The main advantage of trading using opposite Pan Brothers and Asuransi Bintang positions is that it hedges away some unsystematic risk. Because of two separate transactions, even if Pan Brothers position performs unexpectedly, Asuransi Bintang can make up some of the losses. Pair trading also minimizes risk from directional movements in the market. For example, if an entire industry or sector drops because of unexpected headlines, the short position in Asuransi Bintang will offset losses from the drop in Asuransi Bintang's long position.

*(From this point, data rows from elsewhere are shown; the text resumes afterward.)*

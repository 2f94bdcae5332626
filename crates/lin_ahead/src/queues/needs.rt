//! The calls that a call on a queue needs, by the numbers of both, and by the takers that are left.
ghost use Rattle.std.specs.Prelude.{◌≡◌, ◌≢◌, false, IfSome, IsTrue};
ghost use Rattle.lin_history.specs.Problems.Problem.{problem_of};
ghost use Rattle.lin_history.specs.Problems.Continuations.{has};
ghost use Rattle.lin_history.specs.Problems.AnyProblem.{any_problem};
ghost use Rattle.lin_ahead.specs.Behind.{NeedsBehind, CalledAfter, OthersCalledAfter, IsRightOfQueue};

use crate::first::calls_in_turn::CallsInTurn;
use crate::first::needed_calls::first_other;
use crate::queues::rows::QueueAhead;
use lin_history::Problem;
use lin_object::{AnyObject, SeqObject};
use lin_search::Config;

// Whether the call was called after the event.
fn is_called_after<O: SeqObject>(problem: &Problem<O>, call: usize, event: u64) -> bool
    ensures { IsTrue result → CalledAfter (problem_of O.after O.State.eq O.Reply.eq problem.now)
        event call }
{
    call < problem.len() && event < u64::from(problem.call(call).called)
}

// Whether each of these calls that the configuration does not have was called after the event.
fn others_called_after<O: SeqObject>(
    problem: &Problem<O>,
    config: &Config<O>,
    calls: &[usize],
    event: u64,
) -> bool
    ensures { IsTrue result → OthersCalledAfter
        (problem_of O.after O.State.eq O.Reply.eq problem.now) config.now.lifted event
        calls.now }
{
    for call in calls {
        if !config.has(*call) && !is_called_after(problem, *call, event) {
            return false;
        }
    }
    true
}

// Whether it is known that the call needs the other one at the configuration. `None` where one of them is no call.
fn needs(
    problem: &Problem<AnyObject>,
    ahead: &QueueAhead,
    config: &Config<AnyObject>,
    other: usize,
    call: usize,
) -> Option<bool>
    requires other { other ≢ call }
    requires ahead { IsRightOfQueue (any_problem problem.now) ahead.now }
    ensures { IfSome result (λ needs. IsTrue needs → NeedsBehind
        (any_problem problem.now) config.now.lifted other call) }
{
    let by = *ahead.needs.by().get(other)?;
    let from = *ahead.needs.from().get(call)?;
    if by < from {
        return Some(true);
    }
    let taken = *ahead.taken.get(call)?;
    Some(by < taken && others_called_after(problem, config, ahead.items.takers.as_slice(), by))
}

/// A call that this call needs and that the configuration does not have, where one is known. It looks at the first in
// turn.
pub(crate) fn left_out(
    problem: &Problem<AnyObject>,
    ahead: &QueueAhead,
    needed: &CallsInTurn,
    config: &Config<AnyObject>,
    call: usize,
) -> Option<usize>
    requires { IsRightOfQueue (any_problem problem.now) ahead.now }
    ensures { IfSome result (λ other. NeedsBehind
        (any_problem problem.now) config.now.lifted other call
        × (has config.now.lifted other ≡ false)) }
{
    let other = first_other(needed, config, call)?;
    if needs(problem, ahead, config, other, call)? {
        Some(other)
    } else {
        None
    }
}
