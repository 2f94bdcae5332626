//! The calls that concern an item once more, with the events of which counts ask: so these go over short lists and look at no call.

ghost use Rattle.std.specs.Prelude.{◌≡◌, slice_get, IfOk};
ghost use Rattle.lin_ahead.specs.Queues.Slots.{puts_it, may_take, IsItemRow, AreItemRows};
ghost use Rattle.lin_ahead.specs.Queues.CountedRows.{put_of, taker_of, took_at, taken_of, puts_among, takers_among, taken_among, IsCountedRow, AreCountedRows};

use crate::queues::item_rows::ItemRow;
use lin_history::ProblemCall;
use lin_object::{Op, Reply};
use std::alloc::{AllocError, Global};

/// A call, and when it was called.
#[derive(Clone, Copy)]
pub(crate) struct Called {
    /// The call.
    pub call: usize,
    /// The event at which it was called.
    pub at: u64,
}

/// A call that returned with an item.
#[derive(Clone, Copy)]
pub(crate) struct Taken {
    /// The call.
    pub call: usize,
    /// The event at which it was called.
    pub called: u64,
    /// The event at which it returned.
    pub by: u64,
}

/// An item, and the calls that concern it, in rising order.
#[derive(Drop)]
pub(crate) struct CountedRow {
    /// The item.
    pub item: i64,
    /// The calls that put it in.
    pub puts: Vec<Called>,
    /// The calls that may take it.
    pub takers: Vec<Called>,
    /// The calls that returned with it.
    pub taken: Vec<Taken>,
}

// Whether the call puts the item in.
fn puts_it(item: i64, call: &ProblemCall<Op, Reply>) -> bool
    ensures { result ≡ puts_it item call.now.op }
{
    match &call.op {
        Op::Enqueue(put) => item == *put,
        _ => false,
    }
}

// Whether the call may take the item: it is a dequeue that is pending, or returned with it.
fn may_take(item: i64, call: &ProblemCall<Op, Reply>) -> bool
    ensures { result ≡ may_take item call.now.op call.now.returned }
{
    match (&call.op, &call.returned) {
        (Op::Dequeue, None) => true,
        (Op::Dequeue, Some((_, Reply::Int(taken)))) => item == *taken,
        _ => false,
    }
}

// When the call returned with the item, if it did.
fn took_at(item: i64, call: &ProblemCall<Op, Reply>) -> Option<u64>
    ensures { result ≡ took_at item call.now.op call.now.returned }
{
    match (&call.op, &call.returned) {
        (Op::Dequeue, Some((number, Reply::Int(taken)))) => {
            if item == *taken {
                Some(u64::from(*number))
            } else {
                None
            }
        }
        _ => None,
    }
}

// The call of this number, if it puts the item in.
fn put_of(calls: &[ProblemCall<Op, Reply>], item: i64, call: usize) -> Option<Called>
    ensures { result ≡ put_of item call (slice_get calls.now call) }
{
    if call < calls.len() && puts_it(item, &calls[call]) {
        let at = u64::from(calls[call].called);
        Some(Called { call, at })
    } else {
        None
    }
}

// The call of this number, if it may take the item.
fn taker_of(calls: &[ProblemCall<Op, Reply>], item: i64, call: usize) -> Option<Called>
    ensures { result ≡ taker_of item call (slice_get calls.now call) }
{
    if call < calls.len() && may_take(item, &calls[call]) {
        let at = u64::from(calls[call].called);
        Some(Called { call, at })
    } else {
        None
    }
}

// The call of this number, if it returned with the item.
fn taken_of(calls: &[ProblemCall<Op, Reply>], item: i64, call: usize) -> Option<Taken>
    ensures { result ≡ taken_of item call (slice_get calls.now call) }
{
    if call >= calls.len() {
        return None;
    }
    let called = u64::from(calls[call].called);
    match took_at(item, &calls[call]) {
        Some(by) => Some(Taken { call, called, by }),
        None => None,
    }
}

// Those of the calls that put the item in.
fn puts_among(
    alloc: Global,
    calls: &[ProblemCall<Op, Reply>],
    item: i64,
    these: &[usize],
) -> Result<Vec<Called>, AllocError>
    ensures { IfOk result (λ list. list.items ≡ puts_among calls.now item these.now) }
{
    these
        .iter()
        .filter_map(|call| put_of(calls, item, *call))
        .collect(alloc)
}

// Those of the calls that may take the item.
fn takers_among(
    alloc: Global,
    calls: &[ProblemCall<Op, Reply>],
    item: i64,
    these: &[usize],
) -> Result<Vec<Called>, AllocError>
    ensures { IfOk result (λ list. list.items ≡ takers_among calls.now item these.now) }
{
    these
        .iter()
        .filter_map(|call| taker_of(calls, item, *call))
        .collect(alloc)
}

// Those of the calls that returned with the item.
fn taken_among(
    alloc: Global,
    calls: &[ProblemCall<Op, Reply>],
    item: i64,
    these: &[usize],
) -> Result<Vec<Taken>, AllocError>
    ensures { IfOk result (λ list. list.items ≡ taken_among calls.now item these.now) }
{
    these
        .iter()
        .filter_map(|call| taken_of(calls, item, *call))
        .collect(alloc)
}

// The row with the events of its calls.
fn counted_row(
    alloc: Global,
    calls: &[ProblemCall<Op, Reply>],
    row: &ItemRow,
) -> Result<CountedRow, AllocError>
    requires { IsItemRow calls.now row.now }
    ensures { IfOk result (λ counted. IsCountedRow calls.now counted) }
{
    let item = row.item;
    let these = row.calls.as_slice();
    Ok(CountedRow {
        item,
        puts: puts_among(alloc, calls, item, these)?,
        takers: takers_among(alloc, calls, item, these)?,
        taken: taken_among(alloc, calls, item, these)?,
    })
}

/// The rows with the events of their calls.
pub(crate) fn counted_rows(
    alloc: Global,
    calls: &[ProblemCall<Op, Reply>],
    rows: &[ItemRow],
) -> Result<Vec<CountedRow>, AllocError>
    requires { AreItemRows calls.now rows.now }
    ensures { IfOk result (λ counted. AreCountedRows calls.now counted.items) }
{
    let mut counted = Vec::new(alloc);
    for row in rows {
        counted.push(counted_row(alloc, calls, row)?)?;
    }
    Ok(counted)
}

The idea behind Pan Brothers Tbk and Asuransi Bintang Tbk pairs trading is to make the combined position market-neutral, meaning the overall market's direction will not affect its win or loss (or potential downside or upside). This can be achieved by designing a pairs trade with two highly correlated stocks or equities that operate in a similar space or sector, making it possible to obtain profits through simple and relatively low-risk investment.
Check out your portfolio center.
Note that this page's information should be used as a complementary analysis to find the right mix of equity instruments to add to your existing portfolios or create a brand new portfolio. You can also try the Alpha Finder module to use alpha and beta coefficients to find investment opportunities after accounting for the risk.